▶ **The task**: Please give back word for word the lines below, from the first one through the one with "type Err = UnknownMeasure;".

Stored data entries
+===+
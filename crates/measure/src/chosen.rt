ghost use Rattle.measure.specs.Choice.{chosen_strays};
ghost use Rattle.measure.specs.declared.chosen.Chosen.TheVariants.{Line, Pace};
ghost use Rattle.measure.specs.Lawful.{line_answers, pace_answers};
ghost use Rattle.measure.specs.Texts.{measure_name, Named};
ghost use Rattle.std.proofs.Common.{rules};
ghost use Rattle.std.specs.Prelude.{Some};

use super::fraction::Fraction;
use super::line::Line;
use super::meter::Measure;
use super::pace::Pace;
use outline::Outline;
use std::fmt;
use std::str::FromStr;

// One of the two measures, chosen when the program runs.
#[derive(Clone, Copy, PartialEq, Eq, Debug)]
pub enum Chosen {
    Line,
    Pace,
}

// A text that names no measure.
#[derive(Clone, Copy, PartialEq, Eq, Debug)]
pub struct UnknownMeasure;

impl fmt::Display for Chosen {
    ghost output = { λ chosen. Some (measure_name chosen) };

    fn fmt<W: fmt::Write>(&self, f: &mut fmt::Formatter<W>) -> fmt::Result {
        f.write_str(match self {
            Chosen::Line => "line",
            Chosen::Pace => "pace",
        })
    }
}

impl FromStr for Chosen {
    type Err = UnknownMeasure;

    ghost from_str_gives = { Named };

    fn from_str(name: &str) -> Result<Self, UnknownMeasure> {
        match name {
            "line" => Ok(Chosen::Line),
            "pace" => Ok(Chosen::Pace),
            _ => Err(UnknownMeasure),
        }
    }
}

impl Measure for Chosen {
    ghost strays = { chosen_strays };

    ghost answers = { elim [ Line ↦ line_answers | Pace ↦ pace_answers ] };

    ghost none = { Prim.search rules };

    fn strays(&self, outline: &Outline, i: usize, k: usize, j: usize) -> Option<Fraction> {
        match *self {
            Chosen::Line => Line.strays(outline, i, k, j),
            Chosen::Pace => Pace.strays(outline, i, k, j),
        }
    }
}
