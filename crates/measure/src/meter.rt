ghost use Rattle.std.specs.Prelude.{◌≡◌};
ghost use Rattle.measure.specs.Measures.{Strays, Answers, NoneElse};
ghost use Rattle.outline.specs.Plain.{plain};

use super::fraction::Fraction;
use outline::Outline;

// A measure says how far a point between the ends of an edge strays from that edge.
pub trait Measure {
    ghost strays: { Self → Strays };

    // How far point k strays from edge i, j.
    fn strays(&self, outline: &Outline, i: usize, k: usize, j: usize) -> Option<Fraction>
        ensures { result ≡ strays self.now (plain outline.now).points i k j };

    ghost answers: { (s : Self) → Answers (strays s) };

    ghost none: { (s : Self) → NoneElse (strays s) };
}
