ghost use Rattle.measure.specs.Waypoints.{OnTheWay};
ghost use Rattle.outline.specs.Plain.{plain};

use super::waypoint::Waypoint;
use outline::Outline;

impl Waypoint {
    // Point k on the way along edge i, j, or none where it is not between the ends.
    pub(crate) fn new(outline: &Outline, i: usize, k: usize, j: usize) -> Option<Waypoint>
        ensures { OnTheWay (plain outline.now).points i k j result }
    {
        let points = outline.points();
        if i >= k || k >= j || j >= points.len() {
            return None;
        }
        Some(Waypoint {
            from: points[i],
            to: points[j],
            at: points[k],
            moves: (j - i) as u32,
            made: (k - i) as u32,
        })
    }
}
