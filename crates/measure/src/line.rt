ghost use Rattle.std.specs.Prelude.{◌≡◌, Some};
ghost use Rattle.measure.specs.Close.{Close};
ghost use Rattle.measure.specs.Distances.{cross, line as line_of, line_from, square as square_of};
ghost use Rattle.measure.specs.Lawful.{line_answers};
ghost use Rattle.std.proofs.Common.{rules};

use super::fraction::Fraction;
use super::meter::Measure;
use super::offset::{products_apart, square, square_distance};
use outline::{Outline, Point};

// Strays by the distance to the line through the ends of the edge.
#[derive(Clone, Copy)]
pub struct Line;

// The square of c = (v.col - u.col) × (p.row - u.row) - (v.row - u.row) × (p.col - u.col).
fn square_cross(u: Point, v: Point, p: Point) -> u64
    requires { (Close u v) × (Close u p) }
    ensures { result ≡ square_of (cross u v p) }
{
    let (v_right, v_down) = u.offset(v);
    let (p_right, p_down) = u.offset(p);
    square(products_apart(v_right, p_down, v_down, p_right))
}

// How far p strays from the line through u and v.
fn line_from(u: Point, v: Point, p: Point) -> Fraction
    requires { (Close u v) × (Close u p) }
    ensures { Some result ≡ line_from u v p }
{
    if u == v {
        return Fraction::of(square_distance(u, p), 1);
    }
    Fraction::of(square_cross(u, v, p), square_distance(u, v) as u32)
}

impl Measure for Line {
    ghost strays = { λ s. line_of };

    ghost answers = { λ s. line_answers };

    ghost none = { Prim.search rules };

    fn strays(&self, outline: &Outline, i: usize, k: usize, j: usize) -> Option<Fraction> {
        let points = outline.points();
        if i >= k || k >= j || j >= points.len() {
            return None;
        }
        Some(line_from(points[i], points[j], points[k]))
    }
}
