ghost use Rattle.std.specs.Prelude.{◌^◌, ◌<◌, ◌≤◌};

// A squared distance in square pels. It is never reduced: 2/1 and 16/8 are two answers of one value.
#[derive(Clone, Copy, PartialEq, Eq, Debug)]
pub struct Fraction {
    pub(crate) top: u64,
    pub(crate) bottom: u32,
    ghost small: { top < 2 ^ 40 },
    ghost some: { 1 ≤ bottom },
    ghost few: { bottom ≤ 2 ^ 20 },
}
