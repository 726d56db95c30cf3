ghost use Rattle.std.specs.Prelude.{◌≤◌};
ghost use Rattle.measure.specs.Close.{Close};

use outline::Point;

// A point on the way from one end of an edge to the other, and how many of the moves lead to it.
#[derive(Clone, Copy)]
pub(crate) struct Waypoint {
    pub(crate) from: Point,
    pub(crate) to: Point,
    pub(crate) at: Point,
    pub(crate) moves: u32,
    pub(crate) made: u32,
    ghost far: { Close from to },
    ghost near: { Close from at },
    ghost some: { 1 ≤ moves },
    ghost few: { moves ≤ 255 },
    ghost fewer: { made ≤ 255 },
}
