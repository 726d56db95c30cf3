ghost use Rattle.std.specs.Prelude.{◌≡◌};
ghost use Rattle.measure.specs.Deviation.{edge_deviation, kept_within, within};
ghost use Rattle.outline.specs.Plain.{plain};

use super::fraction::Fraction;
use super::meter::Measure;
use outline::Outline;

// The deviation of edge i, j where it is within a tolerance. It measures no further than the first point past that.
pub fn deviation_within<M: Measure>(
    measure: &M,
    outline: &Outline,
    i: usize,
    j: usize,
    tolerance: Fraction,
) -> Option<Fraction>
    ensures { result ≡ kept_within tolerance (edge_deviation (M.Measure.strays measure.now) (plain outline.now).points i j) }
{
    if i >= j || j >= outline.len() {
        return None;
    }
    let mut widest = Fraction::zero();
    for k in i + 1..j {
        widest = widest.widened(measure.strays(outline, i, k, j));
        if widest.is_above(tolerance) {
            return None;
        }
    }
    Some(widest)
}

// Whether i, j is an edge of the outline whose deviation is not above a tolerance.
pub fn is_within<M: Measure>(
    measure: &M,
    outline: &Outline,
    i: usize,
    j: usize,
    tolerance: Fraction,
) -> bool
    ensures { result ≡ within tolerance (edge_deviation (M.Measure.strays measure.now) (plain outline.now).points i j) }
{
    deviation_within(measure, outline, i, j, tolerance).is_some()
}
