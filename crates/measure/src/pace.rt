ghost use Rattle.std.specs.Prelude.{◌≡◌, Some};
ghost use Rattle.measure.specs.Distances.{pace as pace_of, pace_from, squared_lag};
ghost use Rattle.measure.specs.Lawful.{pace_answers};
ghost use Rattle.std.proofs.Common.{rules};

use super::fraction::Fraction;
use super::meter::Measure;
use super::offset::{products_apart, square_length};
use super::waypoint::Waypoint;
use outline::Outline;

// Strays by the distance to the place that an even pace along the edge has reached by then.
#[derive(Clone, Copy)]
pub struct Pace;

impl Waypoint {
    // The square of n(p - u) - m(v - u), for ends u and v, n moves from one to the other, and m of them to a point p.
    fn square_lag(self) -> u64
        ensures { result ≡ squared_lag self.moves self.made self.from self.to self.at }
    {
        let (n, m) = (self.moves as i32, self.made as i32);
        let (v_right, v_down) = self.from.offset(self.to);
        let (p_right, p_down) = self.from.offset(self.at);
        square_length(
            products_apart(n, p_right, m, v_right),
            products_apart(n, p_down, m, v_down),
        )
    }

    // How far the point strays from the place that as many moves of an even pace lead to.
    fn off_pace(self) -> Fraction
        ensures { Some result ≡ pace_from self.moves self.made self.from self.to self.at }
    {
        Fraction::of(self.square_lag(), self.moves * self.moves)
    }
}

impl Measure for Pace {
    ghost strays = { λ s. pace_of };

    ghost answers = { λ s. pace_answers };

    ghost none = { Prim.search rules };

    fn strays(&self, outline: &Outline, i: usize, k: usize, j: usize) -> Option<Fraction> {
        Some(Waypoint::new(outline, i, k, j)?.off_pace())
    }
}
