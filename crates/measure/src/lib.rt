//! How far the points of an outline stray from the edges of a polygon.
#![tactic(auto)]

mod chosen;
mod deviations;
mod fraction;
mod fractions;
mod line;
mod meter;
mod offset;
mod pace;
#[cfg(test)]
mod tests;
mod tolerance;
mod waypoint;
mod waypoints;

pub use chosen::{Chosen, UnknownMeasure};
pub use deviations::{deviation, deviation_is_widest, polygon_deviation, polygon_is_widest};
pub use fraction::Fraction;
pub use line::Line;
pub use meter::Measure;
pub use pace::Pace;
pub use tolerance::{deviation_within, is_within};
+===+
▶ **Answer section**:
filename crates/measure/src/chosen.rt
ghost use Rattle.measure.specs.Choice.{chosen_strays};
ghost use Rattle.measure.specs.declared.chosen.Chosen.TheVariants.{Line, Pace};
ghost use Rattle.measure.specs.Lawful.{line_answers, pace_answers};
ghost use Rattle.measure.specs.Texts.{measure_name, Named};
ghost use Rattle.std.proofs.Common.{rules};
ghost use Rattle.std.specs.Prelude.{Some};

use super::fraction::Fraction;
use super::line::Line;
use super::meter::Measure;
use super::pace::Pace;
use outline::Outline;
use std::fmt;
use std::str::FromStr;

// One of the two measures, chosen when the program runs.
#[derive(Clone, Copy, PartialEq, Eq, Debug)]
pub enum Chosen {
    Line,
    Pace,
}

// A text that names no measure.
#[derive(Clone, Copy, PartialEq, Eq, Debug)]
pub struct UnknownMeasure;

impl fmt::Display for Chosen {
    ghost output = { λ chosen. Some (measure_name chosen) };

    fn fmt<W: fmt::Write>(&self, f: &mut fmt::Formatter<W>) -> fmt::Result {
        f.write_str(match self {
            Chosen::Line => "line",
            Chosen::Pace => "pace",
        })
    }
}

impl FromStr for Chosen {
    type Err = UnknownMeasure;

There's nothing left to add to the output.